Remember that during the break up and afterwards you most likely said some things you regret. Your friends probably agreed with you or even added fuel to the fire, either way plenty of harsh words have been said. Before you try to get your ex back it is probably a good idea to let your friends know what your intentions are. Let your friends know how much their support meant to you during that horrible time in your life and that you were very angry and said some things you didn’t mean but that he really is the only man for you and their continued support is really needed.

And since they are your friends, they will do everything in their power to help you get your ex back. Well, not likely. At least not at first. They will probably throw a fit and figure you have completely lost your mind! Mainly because they love you and do not want to see you hurt again however after the initial shock they will come around and give you the support you need.

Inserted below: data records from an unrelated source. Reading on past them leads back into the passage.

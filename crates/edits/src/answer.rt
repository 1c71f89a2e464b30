// What an edit of a curve answers where it is not refused.

// The degree and the count of points of the curve that is formed, which stands in the lent runs.
#[derive(Clone, Copy, Debug, PartialEq, Eq)]
pub struct FormedCurve {
    pub degree: usize,
    pub count: usize,
}
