// A row by its numbers, and rows that lie whole inside their run: who calls has asked how many there are.
ghost use Rattle.std.specs.Prelude.{◌≡◌, ◌+◌, ◌*◌, ◌<◌, length};
ghost use Rattle.edits.specs.Passes.{row_of, row_by, row_put};

use crate::control::Control;

// The fourth number of a row counts where there are weights.
pub fn row_of(rational: bool, x: f64, y: f64, z: f64, w: f64) -> Control
    ensures { result ≡ row_by rational x y z w }
{
    if rational {
        return Control { x, y, z, w };
    }
    Control { x, y, z, w: 1.0 }
}

// Row i of a run.
pub fn whole_row(rational: bool, rows: &[f64], i: usize) -> Control
    requires { i * 4 + 3 < length rows.now }
    ensures { result ≡ row_of rational rows.now i }
{
    let at = i * 4;
    row_of(rational, rows[at], rows[at + 1], rows[at + 2], rows[at + 3])
}

// Row i becomes q; without weights its fourth number is left.
pub fn put_whole(rational: bool, rows: &mut [f64], i: usize, q: Control)
    requires { i * 4 + 3 < length rows.old }
    ensures { rows.new ≡ row_put rational rows.old i q }
{
    let at = i * 4;
    rows[at] = q.x;
    rows[at + 1] = q.y;
    rows[at + 2] = q.z;
    if rational {
        rows[at + 3] = q.w;
    }
}
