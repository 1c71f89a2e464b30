// What every edit of a curve rests on: controls, counts over knots, a curve in a lent run, the refusals at the start and what an edit answers. Each call is total.
#![tactic(auto)]

pub mod answer;
pub mod control;
pub mod counts;
mod inside;
mod lay;
pub mod rows;
pub mod start;
pub mod work;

Next you need to figure out why you want to get back together with your ex. Is it because you are in love with him and miss him terribly, or is it because you don’t want to be alone? Are you afraid of the unknown and want to get back together because it was comfortable? Or did you have a few bad dates after your breakup and figure you can’t do any better? You need to be really honest with yourself because whatever problems you were having still exist. They did not magically disappear they just don’t seem as important right now.

His bad behaviors did not magically clear up when you broke up, so consider everything before moving ahead. If you broke up in the heat of an argument, that is one thing, but if you simply could not tolerate a nasty habit or another, then you are probably bound to repeat the same, sad cycle.

Another thing to consider is if your ex is even still single. If he was cheating on you and that’s why you broke up, trying to reclaim him from his new women is just not a good idea. A cheater, is a cheater,is a cheater. If he is unfaithful now he will be unfaithful again and that is something you simply should not put up with. Also is he is seeing someone else you need to ask yourself whether you really want him back because you love him or if you are just seeking revenge.

If he is unattached, and you would still like to get him back then you need to understand that nothing has changed. Any problem you had before is still going to exist. You need to be willing to put it all out on the table and have honest discussion about them. If your not ready to discuss it then you are not ready to get back together. To put it all on the table, make a list of what your problems were and see if you are able to compromise on them.

If you are able to positively work it out then slowly start to date again. Pretend that he is someone new and re-find all of the things that made you love him in the first place. Be aware of the things you don’t much care for and make sure they are discussed before they have the chance to turn into a big problem. Try to not get caught up in the rush of the familiar, and like always, try to think with your head first as opposed to your heart.